Choreographer Liz Lerman concluded her two-week residency at Brown yesterday with an intense performance that challenged the definition of dance. In a packed show at Ashamu Dance Studio, Lerman posed basic questions - "Who gets to dance? Where is the dance happening? What is it about? Why does it matter?" By exploring these questions, participants in the residency created this final performance.
As the audience settled onto colorful pillows scattered throughout the studio floor, the dancers warmed up on the stage, hinting at the show's unconventional nature. Their appearances and attire were far from uniform. While a crowd of dancers prepared center stage - some in leotards and sweatpants, others in prints and skirts - an older man in a suit and tie, his white hair combed back neatly, stretched and then did push-ups in a corner. At the far end of the stage, a cluster of young girls practiced African-American step dancing. Lerman surveyed the scene from a seat in the front of the audience, coming forward to introduce the show.
In the space of an hour, the performance explored a wide range of human experience, from the tragic to the spiritual. It was both multidisciplinary and inclusive, based on the idea that everyone has a story to tell and a different way of telling it. The performance blended modern dance, interpretive movement, percussion beats and African-American stepping. Often accompanied by spoken word, the dances incorporated simple props, including stones, books and rags, keeping the focus on the dancers and their narratives.

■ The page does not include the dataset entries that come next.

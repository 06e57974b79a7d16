//! Views that lag: host trees that take the operations of commits when they are told to, a batch at a time.
//!
//! A hub keeps a tip, which takes each batch as it is published, the newest 100 batches, and up to 32 views. A view is
//! attached as a copy of the tip, and has then the host tree of the commit that it has reached, whatever was published and
//! delivered in between, ids included.
#![tactic(auto)]

mod hub;
mod lagging;
mod laws;

pub use hub::{Attached, Delivery, Hub};
pub use laws::views_lag;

The opening piece, an excerpt from a performance about human rights that Lerman created for Harvard Law School, was based on Clea Koff's book "The Bone Woman." Combining recorded narration with dance movements, it tells the story of an archaeologist on a mission to unearth the bones of genocide victims in Rwanda.
The dancers were sprawled on the floor so that they appeared lifeless, decaying and mistreated - bones destined to be touched and examined by forensic anthropologists in a futile attempt to understand the personalities, emotions and voices that had once given them life. Moving to percussive beats, a dancer who was meant to portray the archaeologist lifted and examined the "bones," haunted by the atrocities that placed them there.
Following the piece, Lerman read some of the correspondence with Harvard Law School that preceded the human rights performance. She was accompanied by a dance piece that featured four performers sitting in chairs facing away from the audience and clasping their backs as they struggled with what seemed to be imprisonment and excruciating physical pain.
Another dancer performed a piece behind them in which he fought to rise but continued to collapse loudly onto the hard floor. This part of the performance dealt with the incomprehensible topic of genocide - its victims and its perpetrators - and was undoubtedly the most tragic.
The dances that followed represented the culmination of the work that made up the two-week residency, during which individual stories and prayers were shared and collected to create gestures and movements.
One especially provoking piece perfectly conveyed the performance's overall purpose. It involved phrases and words taken from past events that comprised Lerman's ongoing project "613 Radical Acts of Prayer." The dancers gathered in separate clusters on the stage and through spoken words, gestures and movements, conveyed personal and ideological struggles. A girl contemplated two different stones, repeating the phrase, "You ask me to choose, but I cannot choose," while another dancer used extravagant and loud gestures as he recited, "It's not radicalism, it's fundamentalism." Simultaneously another dancer organized rags, containing scribbled prayers, on the floor with redundant motions, reading off their contents. As the words and movements overlapped and blended with increasing intensity, the piece began to resemble the chaos of the human mind.
The other pieces appeared more as memoirs. A male dancer spoke of the ultimate college challenge - choosing a major. Starting off with political science, he worked his way down the list to literary arts, getting a few laughs from the audience in an otherwise serious performance.
Another performer sang fragments of gospel songs as he recounted a day he found his family singing in tears. In an upbeat part of the performance, younger girls described their houses - from their bedrooms and living rooms to flat-screen TVs and stuffed animals - as they step-danced around benches dispersed on the stage.
At times synchronized and at times chaotic, the dances juxtaposed individual prayer and inner struggle with social action and collective solidarity.
The show's attempt to cover a wide range of themes in a short period of time was both its weakness and its strength. With such a strong emphasis on storytelling, the show became slightly melodramatic.
But overall, the performance gripped and inspired viewers, demonstrating that anyone's story is worth being told. As Lerman frequently says, "Everyone can dance."